En los últimos meses, incluso las FARC se sumaron a las voces que pedían que el ELN se subiera “al tren de la paz” y mostrara voluntad de negociar, coincidiendo con el objetivo del presidente Santos de construir “una paz completa”. Con el país aún a la expectativa sobre el futuro del proceso de paz, el presidente anunciaba este mismo mes la próxima apertura de una mesa de negociación con el ELN. A lo largo de este año ya se habían producido acercamientos en los que el presidente había reclamado la liberación de todos los secuestrados por esta guerrilla -se desconoce el número exacto- y el cese de la práctica del secuestro, el delito más habitual del ELN. Aunque lentamente y a regañadientes, el ELN empezó a dar pasos en esa dirección. Se calcula que desde 1978 esta guerrilla ha secuestrado a casi 7.000 personas y ha dejado unas 1.900 víctimas de asesinatos selectivos.
Entre los grandes retos aún queda abierto el combate contra los grupos criminales herederos de los paramilitares. Estos grupos, que controlan varias zonas del país y están vinculados al narcotráfico, pueden convertirse en la principal amenaza a la implementación del acuerdo de paz con las FARC ya que durante las negociaciones empezaron a moverse con el objetivo de ocupar los territorios antes ocupados por la guerrilla. Un hecho que agrava aún más la ya de por sí preocupante crisis humanitaria que atraviesa el país.
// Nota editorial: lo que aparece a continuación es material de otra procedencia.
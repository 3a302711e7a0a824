//! What commands do next.
ghost use Rattle.std.specs.Prelude.{◌≡◌, ◌≤◌, ◌++◌, ◌∷◌, [], IfOk, OnOk, false};
ghost use Rattle.lp_meaning.specs.MovesAndCommands.{argument_value};
ghost use Rattle.lp_world.specs.Closed.{IsClosed};
ghost use Rattle.lp_step.specs.Steps.{IsFit, KeepsVariables};
ghost use Rattle.lp_commanding.specs.Going.{Goes, IsAskedThere, IsStepThere};
ghost use Rattle.lp_commanding.specs.Jobs.{questions_left};
ghost use Rattle.lp_commanding.specs.Trying.{IsNext};
ghost use Rattle.lp_commanding.specs.declared.job.Step.{Step as S};

use crate::job::{Commanding, Question, Step};
use crate::telling::{end_zero, tell_holder};
use crate::trying::{argument_value, question_of, skip};
use lp_efuns::caller::Turn;
use lp_values::text::Text;
use lp_values::value::Value;
use lp_world::live::Live;
use std::alloc::AllocError;

/// A question is asked with the argument of the line on top.
fn ask(
    question: Question,
    argument: &Option<Text>,
    stack: &mut Vec<Value>,
) -> Result<Step, AllocError>
    ensures asks { IfOk result (λ r. (r ≡ S.Asks question) × (stack.new.items ≡ stack.old.items ++ argument_value argument.now ∷ [])) }
{
    stack.push(argument_value(argument)?)?;
    Ok(Step::Asks(question))
}

/// The next action is asked, or the object is told that there is none.
fn ask_or_tell(
    job: &mut Commanding,
    live: &mut Live,
    turn: &mut Turn,
    stack: &mut Vec<Value>,
) -> Result<Step, AllocError>
    requires fit { IsFit live.old stack.old.items }
    requires untold { job.old.is_told ≡ false }
    requires next { IsNext live.old job.old.holder job.old.left.items }
    ensures goes { IfOk result (λ r. Goes r job.old live.old turn.old stack.old.items job.new live.new turn.new stack.new.items) }
    ensures left { job.new.left.items ≡ job.old.left.items }
    ensures fit { OnOk result (IsFit live.new stack.new.items) }
    ensures closed { IsClosed live.new }
    ensures there { IfOk result (IsStepThere live.new.cells) }
    ensures asked { IfOk result (IsAskedThere live.new.objects) }
    ensures same { live.new ≡ record live.old { outputs = live.new.outputs } }
{
    match question_of(job.left.as_slice())? {
        Some(question) => ask(question, &job.argument, stack),
        None => tell_holder(job, live, turn, stack),
    }
}

/// A command goes on that has not told its object that no action did it.
fn go(
    job: &mut Commanding,
    live: &mut Live,
    turn: &mut Turn,
    stack: &mut Vec<Value>,
) -> Result<Step, AllocError>
    requires fit { IsFit live.old stack.old.items }
    requires untold { job.old.is_told ≡ false }
    ensures goes { IfOk result (λ r. Goes r job.old live.old turn.old stack.old.items job.new live.new turn.new stack.new.items) }
    ensures left { questions_left job.new ≤ questions_left job.old }
    ensures fit { OnOk result (IsFit live.new stack.new.items) }
    ensures closed { IsClosed live.new }
    ensures there { IfOk result (IsStepThere live.new.cells) }
    ensures asked { IfOk result (IsAskedThere live.new.objects) }
    ensures same { live.new ≡ record live.old { outputs = live.new.outputs } }
{
    skip(live, job.holder, &mut job.left);
    ask_or_tell(job, live, turn, stack)
}

/// A command goes on: it asks for the function of its next action that is still held and whose giver is live, with the argument of the
/// line, or 0, on top of the stack. Where there is none, the object is told so with the text that the innermost command shows: by its
/// connection, or else it is asked for `catch_tell` with the text; one that was destructed gets none. Then the answer is 0, and the
/// command runs no longer. Costs the actions that it passes, each by the logarithm of all.
///
/// # Errors
/// Where memory runs out, after which the state is closed.
pub fn next(
    job: &mut Commanding,
    live: &mut Live,
    turn: &mut Turn,
    stack: &mut Vec<Value>,
) -> Result<Step, AllocError>
    requires fit { IsFit live.old stack.old.items }
    ensures goes { IfOk result (λ r. Goes r job.old live.old turn.old stack.old.items job.new live.new turn.new stack.new.items) }
    ensures left { questions_left job.new ≤ questions_left job.old }
    ensures fit { OnOk result (IsFit live.new stack.new.items) }
    ensures closed { IsClosed live.new }
    ensures there { IfOk result (IsStepThere live.new.cells) }
    ensures asked { IfOk result (IsAskedThere live.new.objects) }
    ensures same { live.new ≡ record live.old { outputs = live.new.outputs } }
    ensures variables { KeepsVariables live.old.objects live.new.objects }
    ensures objects { live.new.objects ≡ live.old.objects }
    ensures cells { live.new.cells ≡ live.old.cells }
    ensures names { live.new.names ≡ live.old.names }
{
    if job.is_told {
        return Ok(end_zero(turn));
    }
    go(job, live, turn, stack)
}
La compleja Colombia acumula tareas pendientes para su desarrollo. En el aire queda el intento de poner fin a la confrontación con una de sus guerrillas, algo que no solucionaría automáticamente todos los problemas pero sí supondría un alivio y el cese de más derramamiento de sangre. Tras medio siglo de cruento conflicto, el reto es inmenso: la construcción de un país reconciliado y en paz.